COCHRAN et al. (1984) setzten als Zentrifugationsverdünner ein Citrat-EDTA- Medium ein. Sie unterschichteten den auf 50 Millionen Samenzellen/ml verdünnten Samen mit 0,25 ml der hypertonen Glucose-EDTA-Lösung nach MARTIN und KLUG (1979) und setzten die Zentrifugationsstärke auf 400 g herab. Die Zentrifugationsdauer betrug fünfzehn Minuten. Die Auftaumotilität der in dieser Weise
behandelten Proben übertraf die mit Glucose-EDTA und höherer Kraft zentrifugierten Ejakulate. VOLKMANN (1987) vereinfachte das Verfahren von COCHRAN et al.

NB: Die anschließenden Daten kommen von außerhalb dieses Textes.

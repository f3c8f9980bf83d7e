// The bloom filter of a GNU table.
ghost use Rattle.std.specs.Prelude.{◌≡◌, ◌<◌};
ghost use Rattle.endian.specs.Word.{word_at};
ghost use Rattle.gnu_table.specs.Table.{bit, bloom_filter};
ghost use Rattle.gnu_table.specs.Header.{word_size};
ghost use Rattle.gnu_table.specs.Places.{table_at, bloom_word_at};

use super::header::{Layout, word_size};
use endian::kinds::{Class, Order};
use endian::refusals::{BAD_BLOOM_SHIFT, Refusal};
use word::{u32_at, u64_at};

fn has_bit(word: u64, k: u32) -> bool
    requires { k < 64 }
    ensures { result ≡ bit word k }
{
    (word >> k) % 2 == 1
}

// The bloom word at a place in the bytes.
fn word_at(class: Class, order: Order, table: &[u8], at: usize) -> u64
    ensures { result ≡ word_at order (word_size class) table.now at }
{
    match class {
        Class::Elf32 => u32_at(order, table, at) as u64,
        Class::Elf64 => u64_at(order, table, at),
    }
}

// The bloom word of a hash.
fn bloom_word(class: Class, order: Order, table: &[u8], bloom_count: u32, hash: u32) -> u64
    requires { 0 < bloom_count }
    ensures { result ≡ bloom_word_at class order table.now bloom_count hash }
{
    let size = word_size(class);
    let place = (hash as usize / (size * 8)) & (bloom_count as usize - 1);
    word_at(class, order, table, 16 + place * size)
}

// Whether the bloom filter lets a hash pass. Refused: a shift above 31, where the second bit is reached.
#[tactic(auto, using(crate::proofs::Filters::filter_none, crate::proofs::Filters::filter_first, crate::proofs::Filters::filter_shift, crate::proofs::Filters::filter_is), unfolding(crate::specs::Table::bloom_first, crate::specs::Table::bloom_second))]
pub fn bloom_filter(
    class: Class,
    order: Order,
    table: &[u8],
    layout: Layout,
    hash: u32,
) -> Result<bool, Refusal>
    ensures { result ≡ bloom_filter (table_at class order table.now layout 0) hash }
{
    let bloom_count = layout.bloom_count;
    let shift = layout.bloom_shift;
    if bloom_count == 0 {
        return Ok(false);
    }
    let width = (word_size(class) * 8) as u32;
    let word = bloom_word(class, order, table, bloom_count, hash);
    if !has_bit(word, hash % width) {
        return Ok(false);
    }
    if 31 < shift {
        return Err(BAD_BLOOM_SHIFT);
    }
    Ok(has_bit(word, (hash >> shift) % width))
}
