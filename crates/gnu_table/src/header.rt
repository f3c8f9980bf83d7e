// The header of a GNU table, and where the table's parts stand in its bytes.
ghost use Rattle.std.specs.Prelude.{◌≡◌, ◌≤◌, ◌<◌};
ghost use Rattle.gnu_table.specs.Header.{word_size, gnu_header};

use endian::kinds::{Class, Order};
use endian::refusals::{BAD_GNU_BLOOM, BAD_GNU_BUCKETS, BAD_GNU_HEADER, LIMIT, Refusal, TOO_LONG};
use word::u32_at;

// The header's four numbers; then the places of the buckets and of the values, and how many values
// there are.
#[derive(Clone, Copy, Debug, PartialEq, Eq)]
pub struct Layout {
    pub bucket_count: u32,
    pub symbol_base: u32,
    pub bloom_count: u32,
    pub bloom_shift: u32,
    pub buckets_at: u32,
    pub values_at: u32,
    pub value_count: u32,
}

// The bytes of a bloom word.
pub(crate) fn word_size(class: Class) -> usize
    ensures { (result ≡ word_size class) × (0 < result) × (result ≤ 8) }
{
    match class {
        Class::Elf32 => 4,
        Class::Elf64 => 8,
    }
}

// The header and the places. Refused in this order: a table that is too long; one whose header,
// bloom words or buckets are not whole.
#[tactic(auto, using(crate::proofs::Headers::header_long, crate::proofs::Headers::header_short, crate::proofs::Headers::header_bloom, crate::proofs::Headers::header_buckets, crate::proofs::Headers::header_is))]
pub fn header(class: Class, order: Order, table: &[u8]) -> Result<Layout, Refusal>
    ensures { result ≡ gnu_header class order table.now }
{
    if LIMIT < table.len() {
        return Err(TOO_LONG);
    }
    if table.len() < 16 {
        return Err(BAD_GNU_HEADER);
    }
    let bucket_count = u32_at(order, table, 0);
    let bloom_count = u32_at(order, table, 8);
    let buckets_at = 16 + bloom_count as usize * word_size(class);
    if table.len() < buckets_at {
        return Err(BAD_GNU_BLOOM);
    }
    let values_at = buckets_at + bucket_count as usize * 4;
    if table.len() < values_at {
        return Err(BAD_GNU_BUCKETS);
    }
    Ok(Layout {
        bucket_count,
        symbol_base: u32_at(order, table, 4),
        bloom_count,
        bloom_shift: u32_at(order, table, 12),
        buckets_at: buckets_at as u32,
        values_at: values_at as u32,
        value_count: ((table.len() - values_at) / 4) as u32,
    })
}
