// The words of a table.
ghost use Rattle.std.specs.Prelude.{◌≡◌, ◌+◌, ◌*◌};
ghost use Rattle.endian.specs.Word.{word_at};

use endian::kinds::Order;
use word::u32_at;

// Word i of those from a place on: a bucket, or a value.
pub fn word_of(order: Order, table: &[u8], start: u32, i: u32) -> u32
    ensures { result ≡ word_at order 4 table.now (start + i * 4) }
{
    u32_at(order, table, start as usize + i as usize * 4)
}
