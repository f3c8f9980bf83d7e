// The GNU hash table: its header, where its parts stand, its words, and its bloom filter.
#![tactic(auto)]

pub mod filter;
pub mod header;
pub mod words;
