//! The record of an entry, ready to be written.

ghost use Rattle.std.specs.Prelude.{◌≡◌, ◌+◌, ◌<◌, ◌^◌, [], ◌∷◌, ◌++◌, length, IfOk, OnOk};
ghost use Rattle.canonical_texts.specs.Statements.{canonical_text};
ghost use Rattle.entry_bytes.specs.Spelling.{IsNumber, long_text, number_bytes};
ghost use Rattle.entry_codec.specs.ReadBack.{IsReadBack};

use acl_stmt::Entry;
use entry_bytes::encode;
use std::alloc::{AllocError, Global};

/// The record of an entry and a gate that is not open, without the record's own gate.
#[derive(Drop)]
pub struct Prepared {
    pub(crate) bytes: Vec<u8>,
}

impl Prepared {
    ghost use Rattle.acl_journal.specs.Journal.{IsPrepared};

    pub(crate) fn of(alloc: Global, entry: &Entry) -> Result<Prepared, AllocError>
        requires read_back { IsReadBack (canonical_text entry.now.statement) entry.now.statement }
        requires short { length (canonical_text entry.now.statement) < 2 ^ 32 }
        requires count { IsNumber (length entry.now.limits) }
        ensures { IfOk result (λ prepared. IsPrepared prepared entry.now) }
    {
        let payload = encode(alloc, entry)?;
        let bytes = record_behind_gate(alloc, payload.as_slice())?;
        Ok(Prepared { bytes })
    }
}

// The length of the payload, the payload and a gate that is not open. A payload that is too long for four bytes never fits
// a journal.
#[tactic(auto, using(entry_bytes::proofs::Once::number_length))]
fn record_behind_gate(alloc: Global, payload: &[u8]) -> Result<Vec<u8>, AllocError>
    ensures size { IfOk result (λ bytes. length bytes.items ≡ 5 + length payload.now) }
    ensures bytes { IfOk result (λ bytes. length payload.now < 2 ^ 32
        → bytes.items ≡ long_text payload.now ++ 0 ∷ []) }
{
    let mut bytes = Vec::new(alloc);
    append_number(&mut bytes, told_size(payload.len()))?;
    bytes.extend_from_slice(payload)?;
    bytes.extend_from_slice(&[0])?;
    Ok(bytes)
}

// The length as four bytes tell it.
fn told_size(count: usize) -> u32
    ensures { count < 2 ^ 32 → result ≡ count }
{
    count.min(u32::MAX as usize) as u32
}

#[tactic(auto, unfolding(entry_bytes::specs::Spelling::number_bytes))]
fn append_number(bytes: &mut Vec<u8>, number: u32) -> Result<(), AllocError>
    ensures { OnOk result (bytes.new.items ≡ bytes.old.items ++ number_bytes number) }
{
    bytes.extend_from_slice(&number.to_le_bytes())?;
    Ok(())
}
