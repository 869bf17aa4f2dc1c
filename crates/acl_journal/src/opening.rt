//! A journal is opened.

ghost use Rattle.std.specs.Prelude.{◌≡◌, ◌⊎◌, ◌≤◌, ℕ, Some, IfErr, IfOk, IfSome};
ghost use Rattle.acl_model.specs.Effects.{state_after};
ghost use Rattle.acl_ports.specs.Crash.{IsImage, LeavesOnly};
ghost use Rattle.acl_ports.specs.Faults.{next_count};
ghost use Rattle.acl_journal.specs.Refusals.{IsOpenRefusal};
ghost use Rattle.journal_bytes.specs.Files.{StandsFor};
ghost use Rattle.journal_disk.specs.Held.{HasBytesUpTo};

use crate::gate::LastGate;
use crate::recovery::recover;
use crate::{Journal, OpenRefusal, Replay};
use acl_items::Items;
use acl_ports::Disk;
use acl_stmt::Entry;
use std::alloc::Global;

/// A journal that was opened, and its entries, the oldest first.
#[derive(Drop)]
pub struct Opened<D: Disk> {
    pub journal: Journal<D>,
    pub entries: Items<Entry>,
}

impl<D: Disk> Journal<D> {
    ghost use Rattle.acl_journal.specs.Journal.{IsSettledFor, disk_of, size_of};
    ghost use Rattle.acl_journal.specs.Opened.{disk_in};

    /// Opens the journal on a disk, after a sync of it, and carries out its entries on `replay`. It is read in pieces, and
    /// takes memory for its entries and for one record. What stands behind the last gate is not read.
    pub fn open<R: Replay>(
        alloc: Global,
        mut disk: D,
        replay: &mut R,
    ) -> Result<Opened<D>, (OpenRefusal, D)>
        // The entries are those of the list for which the file stands.
        ensures list { IfSome (D.content disk) (λ held. IfOk result (λ opened.
            StandsFor (R.state replay.old) held opened.entries)) }
        ensures journal { IfOk result (λ opened. IsSettledFor D.content D.moment D.pending (R.state replay.old)
            opened.journal opened.entries) }
        ensures place { IfOk result (λ opened.
            HasBytesUpTo (D.content (disk_of opened.journal)) (size_of opened.journal)) }
        ensures state { IfOk result (λ opened. R.state replay.new ≡ state_after opened.entries (R.state replay.old)) }

        // Every other file is refused exactly.
        ensures err { IfSome (D.content disk) (λ held. IfErr result (λ refused.
            IsOpenRefusal (R.state replay.old) held refused.0)) }
        ensures cause { IfErr result (λ refused. refused.0 ≡ OpenRefusal.DiskFault
            → next_count (D.faults disk) ≤ D.faults refused.1) }
        ensures faults { D.faults disk ≤ D.faults (disk_in result) }

        // Nothing is written: a crash leaves what it might have left before, or what a read gives.
        ensures kept { IfSome (D.content disk) (λ held. IfErr result (λ refused.
            (refused.0 ≡ OpenRefusal.DiskFault) ⊎ (D.content refused.1 ≡ Some held))) }
        ensures any_moment { IfSome (D.content disk) (λ held.
            LeavesOnly D.moment D.pending disk (disk_in result) (λ image.
            IsImage (D.pending disk (D.moment disk)) image ⊎ (image ≡ held))) }
    {
        let mut entries = Items::new(alloc);
        match recover(alloc, &mut disk, replay, &mut entries) {
            Ok(offset) => Ok(Opened {
                journal: Journal {
                    disk,
                    gate: LastGate { offset },
                    settled: true,
                },
                entries,
            }),
            Err(refusal) => Err((refusal, disk)),
        }
    }
}
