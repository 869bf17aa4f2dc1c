ghost use Rattle.std.specs.Prelude.{◌≡◌};
ghost use Rattle.acl_journal.specs.Refusals.{refusal_at};

use acl_ports::Failed;
use journal_disk::ReadFault;
use std::alloc::AllocError;
use thiserror::Error;

/// Why a journal was not opened.
#[derive(Clone, Copy, Debug, PartialEq, Eq, Error)]
pub enum OpenRefusal {
    /// The file is shorter than a header and a gate, or begins with other bytes.
    #[error("not a journal")]
    NotJournal,
    /// The gate at that offset from the front of the file is missing, or it is open and no accepted entry's record within
    /// the limits begins there.
    #[error("damaged at {offset}")]
    Damaged { offset: u64 },
    #[error("disk fault")]
    DiskFault,
    #[error("no memory")]
    NoMemory,
}

impl From<AllocError> for OpenRefusal {
    ghost use Rattle.acl_journal.specs.declared.refusal.OpenRefusal.TheVariants.{NoMemory};

    ghost from_gives = { λ _ refusal. refusal ≡ NoMemory };

    fn from(_error: AllocError) -> OpenRefusal {
        OpenRefusal::NoMemory
    }
}

impl From<Failed> for OpenRefusal {
    ghost use Rattle.acl_journal.specs.declared.refusal.OpenRefusal.TheVariants.{DiskFault};

    ghost from_gives = { λ _ refusal. refusal ≡ DiskFault };

    fn from(_failed: Failed) -> OpenRefusal {
        OpenRefusal::DiskFault
    }
}

/// What the fault of the record at that offset is told as.
pub(crate) fn refusal_at(fault: ReadFault, offset: u64) -> OpenRefusal
    ensures { result ≡ refusal_at fault offset }
{
    match fault {
        ReadFault::Bad => OpenRefusal::Damaged { offset },
        ReadFault::Disk => OpenRefusal::DiskFault,
        ReadFault::NoMemory => OpenRefusal::NoMemory,
    }
}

(1984), indem er auf die Unterschichtung der Spermien mit dem Glucose-EDTA- Medium verzichtete. Beim Vergleich beider Methoden wurden keine Unterschiede hinsichtlich der Vorwärtsmotilität nach dem Auftauen, wohl aber ein geringerer Anteil an geschädigten Kopfkappen bei Verwendung der hypertonen Glukose-EDTA- Lösung festgestellt.
PICKETT et al. (1975) erkannten, dass der Einfluss der Zentrifugation auf die Veränderung der Spermien in Verbindung mit der Gravitationskraft und der Zentrifugationszeit steht. So wirken sich, eine ausreichende Abtrennung des Seminalplasmas vorausgesetzt, Zentrifugalkräfte unterhalb von 400 g nicht negativ auf die Hengstspermien aus.
HEITLAND et al. (1996) stellten beim Vergleich von zehn verschiedenen Zentrifugationszeiten fest, dass mit Verlängerung der Zentrifugationszeit eine höhere Rückgewinnungsrate erzielt werden kann. Bei einer Zentrifugationsdauer von mehr als 20 Minuten stellten sie nur eine geringe Motilitätsdepression fest.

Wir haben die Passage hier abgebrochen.